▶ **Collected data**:
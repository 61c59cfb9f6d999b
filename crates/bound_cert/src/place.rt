// Which line may stand where.
ghost use Rattle.std.specs.Prelude.{◌≡◌, ◌+◌, ◌<◌, ◌^◌};
ghost use Rattle.bound_cert.specs.Lines.{entry_of};
ghost use Rattle.bound_cert.specs.Grammar.{after, after_title, after_span, after_pins, after_answer, after_plan, after_bound, after_end, after_node, after_give, at_gives, is_above, nodes_at};

use crate::text_line::TextLine;

/// What is to come next. In a tree stand how many nodes are still to be read; behind a leaf also how many of its gives,
/// and class and file of the last one.
#[derive(Clone, Copy, Debug, PartialEq, Eq)]
pub enum Place {
    AtTitle,
    AtSpan {
        version: u8,
    },
    AtPins,
    AtAnswer,
    AtPlan,
    AtBound,
    AtNode {
        nodes: u64,
    },
    AtGive {
        nodes: u64,
        gives: u32,
        last: Option<(u32, u32)>,
    },
    Past,
}

impl Place {
    /// The place behind a line. `None` where the line may not stand here.
    pub fn after(self, line: &TextLine<'_>) -> Option<Place>
        requires { nodes_at self + 1 < 2 ^ 64 }
        ensures { result ≡ after self (entry_of line.now) }
    {
        match self {
            Place::AtTitle => behind_title(line),
            Place::AtSpan { version } => behind_span(version, line),
            Place::AtPins => behind_pins(line),
            Place::AtAnswer => behind_answer(line),
            Place::AtPlan => behind_plan(line),
            Place::AtBound => behind_bound(line),
            Place::AtNode { nodes: 0 } => behind_tree(line),
            Place::AtNode { nodes } => behind_node(nodes - 1, line),
            Place::AtGive { gives: 0, .. } => None,
            Place::AtGive { nodes, gives, last } => behind_give(nodes, gives - 1, last, line),
            Place::Past => None,
        }
    }
}

fn behind_title(line: &TextLine<'_>) -> Option<Place>
    ensures { result ≡ after_title (entry_of line.now) }
{
    match line {
        TextLine::Title { version } => Some(Place::AtSpan { version: *version }),
        _ => None,
    }
}

fn behind_span(version: u8, line: &TextLine<'_>) -> Option<Place>
    ensures { result ≡ after_span version (entry_of line.now) }
{
    match line {
        TextLine::Span { .. } if version == 1 => Some(Place::AtAnswer),
        TextLine::Span { .. } => Some(Place::AtPins),
        _ => None,
    }
}

fn behind_pins(line: &TextLine<'_>) -> Option<Place>
    ensures { result ≡ after_pins (entry_of line.now) }
{
    match line {
        TextLine::Pinned { .. } => Some(Place::AtAnswer),
        _ => None,
    }
}

fn behind_answer(line: &TextLine<'_>) -> Option<Place>
    ensures { result ≡ after_answer (entry_of line.now) }
{
    match line {
        TextLine::Answered(_) => Some(Place::AtPlan),
        _ => None,
    }
}

fn behind_plan(line: &TextLine<'_>) -> Option<Place>
    ensures { result ≡ after_plan (entry_of line.now) }
{
    match line {
        TextLine::Planned { .. } => Some(Place::AtBound),
        TextLine::NoPlan => Some(Place::AtBound),
        _ => None,
    }
}

fn behind_bound(line: &TextLine<'_>) -> Option<Place>
    ensures { result ≡ after_bound (entry_of line.now) }
{
    match line {
        TextLine::Bounded { .. } => Some(Place::AtNode { nodes: 1 }),
        TextLine::NoBound => Some(Place::AtNode { nodes: 1 }),
        _ => None,
    }
}

fn behind_tree(line: &TextLine<'_>) -> Option<Place>
    ensures { result ≡ after_end (entry_of line.now) }
{
    match line {
        TextLine::End => Some(Place::Past),
        _ => None,
    }
}

// Behind a node that is followed by so many others.
fn behind_node(nodes: u64, line: &TextLine<'_>) -> Option<Place>
    requires { nodes + 2 < 2 ^ 64 }
    ensures { result ≡ after_node nodes (entry_of line.now) }
{
    match line {
        TextLine::Branch { .. } => Some(Place::AtNode { nodes: nodes + 2 }),
        TextLine::Low => Some(Place::AtNode { nodes }),
        TextLine::High => Some(Place::AtNode { nodes }),
        TextLine::Leaf { gives, .. } => Some(with_gives(nodes, *gives, None)),
        _ => None,
    }
}

// Behind a give that is followed by so many others of its leaf.
fn behind_give(
    nodes: u64,
    gives: u32,
    last: Option<(u32, u32)>,
    line: &TextLine<'_>,
) -> Option<Place>
    ensures { result ≡ after_give nodes gives last (entry_of line.now) }
{
    match line {
        TextLine::Give { class, file, .. } if rises(*class, *file, last) => {
            Some(with_gives(nodes, gives, Some((*class, *file))))
        }
        _ => None,
    }
}

fn with_gives(nodes: u64, gives: u32, last: Option<(u32, u32)>) -> Place
    ensures { result ≡ at_gives nodes gives last }
{
    if gives == 0 {
        Place::AtNode { nodes }
    } else {
        Place::AtGive { nodes, gives, last }
    }
}

// Whether a give may follow the last one.
fn rises(class: u32, file: u32, last: Option<(u32, u32)>) -> bool
    ensures { result ≡ is_above class file last }
{
    match last {
        None => true,
        Some(last) => last.0 < class || (last.0 == class && last.1 < file),
    }
}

▶ **WHAT NEEDS TO BE DONE**: The required output is every line from the one with "if gives == 0" to the final line of the entries, repeated exactly and with nothing else.

▶ **EXERCISE ANSWER**:
    if gives == 0 {
        Place::AtNode { nodes }
    } else {
        Place::AtGive { nodes, gives, last }
    }
}

// Whether a give may follow the last one.
fn rises(class: u32, file: u32, last: Option<(u32, u32)>) -> bool
    ensures { result ≡ is_above class file last }
{
    match last {
        None => true,
        Some(last) => last.0 < class || (last.0 == class && last.1 < file),
    }
}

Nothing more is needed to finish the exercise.